First I need to vent: I am incredibly frustrated with SU right now and ready to switch products.

Running Sketchup Pro on a mac. Imported an STL model and have been modifying and cleaning it up. There were many rounded edges on the part and due to changes, have been removing them and re-adding the rounded edges only as a final step.

The problem is that SU insists on snapping lines to nearby points on the rounded edge - making it impossible to clean up the edges and corners without substantially redrawing the part. The general approach is to square off the edge and/or corner and then delete the rounded artifacts. Attached is an example of a corner where I was trying to clean the original rounded edges. I drew a line from the corner to the intersecting lines where the flat sides meet. SU attaches the line to a point 1 or 2 segments from the desired intersection. Trust me that I selected the desired point. The result is a non-flat surface that does not create a face.

How can I turn off this undesired snapping? or accomplish the cleanup without a substantial amount of work?

What is the scale of this object - for example, the approximate radius of the curved path seen in the image? At very small scales, SketchUp will sometimes merge end-points that are very near each other. Mostly this happens when the Validity Check operation occurs (such as during a Save operation), but I have seen it happen live occasionally, when points are extremely close.

If the scale is not tiny, then try zooming in very close and making triple-sure that the intended point is indicated by the inference engine prior to clicking. I know you said “trust me” but I wanted to mention this anyway.

Approaching this from another angle, if the irregularly-segmented path is intended to be a circular arc, you might delete all the relevant edges and faces from the original STL model and re-draw it with one of SketchUp’s arc tools. When a clean SketchUp arc is in place on that corner, use Push-Pull to pull up that corner to the desired height, then delete the unwanted exterior flat faces.

You nailed it. It was due to the small scale. I scaled everything up 100x and the problem went away. Thank you.

I normally model at 100x or 1000x (a lesson learned early on with SU), but for some reason, I left this one at 1x. Ugh, the wasted time.

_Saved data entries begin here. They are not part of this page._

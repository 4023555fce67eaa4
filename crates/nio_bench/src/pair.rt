//! A table for two callers, each in a thread of its own.
ghost use Rattle.std.specs.Prelude.{◌≡◌, IfOk};
ghost use Rattle.nio_channel.specs.Idle.{AreIdle, drawn};
ghost use Rattle.nio_history.specs.Conditions.{IsSelector};
ghost use Rattle.nio_words.specs.Passes.{IsReady, limits_of, seen};

use crate::channels::S;
use nio_base::{CallerNo, Limits};
use nio_words::{Pass, Words};
use std::alloc::Global;

const TABLE: Limits = Limits {
    callers: 2,
    selectors: 1,
    channels: 2,
    keys: 1,
};

/// Sets up, and then selects or reads.
pub const ZERO: CallerNo = CallerNo(0);

/// Wakes or writes, in a thread of its own.
pub const ONE: CallerNo = CallerNo(1);

/// A new table with a selector, and the pass that holds both callers' numbers.
pub fn two_callers(alloc: Global) -> anyhow::Result<(Words, Pass)>
    ensures { IfOk result (λ made. AreIdle made.0 made.1) }
{
    let (words, mut p) = Words::make(alloc, TABLE)?;
    words.draw(&mut p, ZERO)?;
    words.draw(&mut p, ONE)?;
    make_selector(&words, &mut p);
    Ok((words, p))
}

/// Makes the selector, in a table where nothing was done but two draws.
fn make_selector(words: &Words, p: &mut Pass)
    requires zero { IsReady words.now p.old ZERO }
    requires one { IsReady words.now p.old ONE }
    requires seen { seen p.old ≡ drawn }
    requires selector { IsSelector (limits_of words.now) S }
    ensures { AreIdle words.now p.new }
{
    words.make_selector(p, ZERO, S);
}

As a very experienced software developer, it is strange that the scale causes these problems. I would think that dimension is a conceptual attribute that is applied to the underlying 3D model. Certainly, there are features and functions that are based on specific distances and angles, but otherwise things like snapping should be relative to the overall scale of the model.

I too am a professional software developer (will reach 40 years in the business later this year). Numerical representation is one of a digital computer’s greatest strength - it is what makes it “digital” - discrete (quantized) representation of values. However, a real challenge is to represent values with a wide numeric absolute range - very small and very large. Integers are fabulously precise but historically relatively limited in range (particularly with 16- and 32-bit computers) when used as a fixed-point format (e.g., X bits for fractional part, Y bits for whole-number part, X+Y=16, 32, etc.).

Thus floating point (FP) was invented, which has a wonderfully large range but limited (and magnitude-dependent) precision. Because of constraints on precision, a series of calculations with FP values tends to incur growing numeric inaccuracies. The results of two computations that started with different values but which should yield the same value will rarely be identical. For example, one might expect that 1.5 + 0.5 should equal 1.25 + 0.75, which would be 2.0. In actuality, both sums will be extremely close to but not exactly 2.0. (The values of 0.5, 0.75, 1.25, 1.5 cannot be represented exactly either.)

Therefore, in practical software such as SketchUp a tolerance factor almost always needs to be implemented when comparing FP values. Two FP values are judged to be equivalent if the absolute value of the difference between them is less than the tolerance factor. For simplicity, the tolerance factor is generally a fixed value regardless of the magnitude of the values being compared.

SketchUp uses a somewhat larger tolerance value than I would have expected, on the order of 0.001. As a SketchUp user who often models small-scale objects (e.g., #10 threads intersected with a chamfer), I wish the tolerance factor were smaller. But the “Dave” method (editing a scaled-up copy of a component) works quite well to cope with SketchUp’s FP tolerance.